Collaborative Sales
Everyone has felt quota anxiety - that feeling you get when your sales lead puts an often arbitrary number on the quantity of interactions you need to have with others per unit of time. Sometimes it’s cold outbounds per quarter, sometimes it’s calls per week. No matter what unit of measurement you look at, these quotas are inherently created to drive competition and maximize employee performance. But does it really work? Or does it cause more toxicity to your sales team than it does productivity?
A New Type of Selling
Everyone who’s seen Glengarry Glen Ross knows Alec Baldwin’s infamous Art of Selling scene in which he breaks down sales into a contest - 3rd prize is that you’re fired. Baldwin goes on to make some seemingly ridiculous quotes: “Leads are weak? You’re weak.” Sprinkled in are notes of sexism and the punch-line… Always be closing.
Sales teams often walk far too close to this comical dystopia. It may seem innocuous, but strip away all the dramatic lines, the yelling, the ridiculous analogies, and you’re still left with the dangerous undertones created by hyper-competitive sales. Sales competition not only leads to destructive behaviors that can tear the sales org apart, but it’s now being questioned as the best practice in driving effective sales.
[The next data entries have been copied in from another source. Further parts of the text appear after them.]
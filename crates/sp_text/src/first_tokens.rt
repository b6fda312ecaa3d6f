//! The first tokens of a line, as many as there is room for.

ghost use Rattle.std.specs.Prelude.{◌≡◌, ◌++◌, ◌≤◌, ◌⊎◌, length, map, take};
ghost use Rattle.sp_text.specs.TokenAt.{HasNoToken, IsEnd, seen_token};
ghost use Rattle.sp_text.specs.Tokens.{tokens};

use crate::bytes::is_blank;
use crate::fronts::{after_blanks, front};
use crate::tokens::Token;

// Finds the first tokens, as many as there is room for: how many, and what follows them.
#[inline(always)]
pub(crate) fn find_tokens<'a>(bytes: &'a [u8], room: &mut [Token<'a>]) -> (usize, &'a [u8])
    ensures within { result.0 ≤ length room.new }
    ensures end { IsEnd bytes.now result.1.now }
    ensures all { tokens bytes.now ≡ map seen_token (take result.0 room.new) ++ tokens result.1.now }
    ensures full { (result.0 ≡ length room.new) ⊎ HasNoToken result.1.now }
{
    let mut count = 0;
    let mut rest = after_blanks(bytes);
    while let Some((first, behind)) = rest.split_first() {
        if count == room.len() {
            return (count, rest);
        }
        let Some((kind, len)) = front(*first, behind) else {
            if is_blank(*first) {
                rest = behind;
                continue;
            }
            return (count, rest);
        };
        let (bytes, more) = rest.split_at(len);
        room[count] = Token { kind, bytes };
        count += 1;
        rest = past_space(more);
    }
    (count, rest)
}

// What follows one space, or all.
#[inline(always)]
fn past_space(bytes: &[u8]) -> &[u8]
    ensures end { IsEnd bytes.now result.now }
    ensures same { tokens result.now ≡ tokens bytes.now }
{
    match bytes.split_first() {
        Some((b' ', more)) => more,
        _ => bytes,
    }
}
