//! Bytes are one map or have one first fault.

ghost use Rattle.std.specs.Prelude.{◌≡◌, ◌%◌, ◌≤◌, ◌++◌, ◌⊎◌, ◌↔◌, ℕ, List, length};
ghost use Rattle.map_bytes.specs.declared.rules.MapFault.{MapFault as Fault};
ghost use Rattle.map_bytes.specs.Formats.{AreBytes, laid};
ghost use Rattle.map_bytes.specs.Tables.{map_format};
ghost use Rattle.map_bytes.specs.Maps.{StackMap, MapRecord, record_bytes, IsMap, IsMapOf};
ghost use Rattle.map_bytes.specs.Faults.{Begins, IsFirstFault};
ghost use Rattle.map_bytes.specs.Fits.{MapFits};

/// Bytes are at most one map.
pub fn one_map()
    ensures { (bytes : List ℕ) (one other : StackMap) → IsMapOf bytes one → IsMapOf bytes other → one ≡ other }
{}

/// Bytes have at most one first fault.
pub fn one_fault()
    ensures { (bytes : List ℕ) (one other : Fault) → IsFirstFault bytes one → IsFirstFault bytes other → one ≡ other }
{}

/// Bytes are a map, or have a first fault and are none.
pub fn map_or_fault()
    ensures either { (bytes : List ℕ) → AreBytes bytes → ((map : StackMap) × IsMapOf bytes map) ⊎ ((fault : Fault) × IsFirstFault bytes fault) }
    ensures not_both { (bytes : List ℕ) (map : StackMap) (fault : Fault) → IsMapOf bytes map → IsFirstFault bytes fault → ⊥ }
{}

/// No longer list of allowed numbers than that before the first fault has fields that are a front of the bytes.
pub fn longest_front()
    ensures { (bytes : List ℕ) (fault : Fault) (is : IsFirstFault bytes fault) (others more : List ℕ) → Begins map_format others
        → bytes ≡ laid map_format others ++ more → length others ≤ length is.numbers }
{}

/// The numbers of a map are allowed by the table of fields exactly where each number fits and the counts agree.
pub fn numbers_fit()
    ensures { (map : StackMap) → IsMap map ↔ MapFits map }
{}

/// A record has a multiple of 8 bytes, so padding may be counted from the first byte of the map or of the record.
pub fn aligned_records()
    ensures { (one : MapRecord) → length (record_bytes one) % 8 ≡ 0 }
{}
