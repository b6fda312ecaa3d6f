//! Lines that are a label or metadata alone, known without reading their tokens.

ghost use Rattle.std.specs.Prelude.{◌≡◌};
ghost use Rattle.std.specs.Option.{option_map};
ghost use Rattle.sp_text.specs.Labels.{label_of, label_in, is_metadata};
ghost use Rattle.sp_text.specs.Names.{seen_name};
ghost use Rattle.sp_text.specs.Tokens.{says_nothing};

use crate::fronts::{after_blanks, name_front};
use crate::lines::Line;
use crate::names::Name;

impl<'a> Line<'a> {
    /// The name that a label line gives: the line has a name, a `:` directly after it and nothing more but
    /// blanks and a comment. `None` where the line isn't one.
    pub fn label(&self) -> Option<Name<'a>>
        ensures { option_map seen_name result ≡ label_of self.now.bytes.now }
    {
        label_in(after_blanks(self.bytes))
    }

    /// Whether the first byte after blanks is `!`.
    pub fn is_metadata(&self) -> bool
        ensures { result ≡ is_metadata self.now.bytes.now }
    {
        match after_blanks(self.bytes).split_first() {
            Some((first, _)) => *first == b'!',
            None => false,
        }
    }
}

// The name that a label line without blanks before it gives.
fn label_in(bytes: &[u8]) -> Option<Name<'_>>
    ensures { option_map seen_name result ≡ label_in bytes.now }
{
    let end = name_front(bytes)?;
    let (name, rest) = bytes.split_at(end);
    let (first, more) = rest.split_first()?;
    if *first == b':' && says_nothing(more) {
        Some(Name { bytes: name })
    } else {
        None
    }
}

// Whether nothing stands there but blanks and at most a comment.
fn says_nothing(bytes: &[u8]) -> bool
    ensures { result ≡ says_nothing bytes.now }
{
    match after_blanks(bytes).split_first() {
        Some((first, _)) => *first == b';',
        None => true,
    }
}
This is not to say that some forms of competition aren’t healthy. Competitive sales has been around forever, but there is room for newer, more collaborative sales models that focus on productivity and employee well-being rather than arbitrary bottom lines.
In fact, for high-tech companies that work very closely with developers in growing their organization through the installation of SDKs or other drop in code, collaborative sales is the key to success. Github speaks to this in a recent podcast:
My Perception: The Problem With Sales Competition
Lots of other people have noted the problems with competitive sales, but in my experience, there are a few things that are worth highlighting. All of these are my own opinions and thoughts. Others might disagree or have found a competitive sales team mindset that works! That’s okay. What’s more important is being aware of how others function and adapting your sales team to be as productive as possible.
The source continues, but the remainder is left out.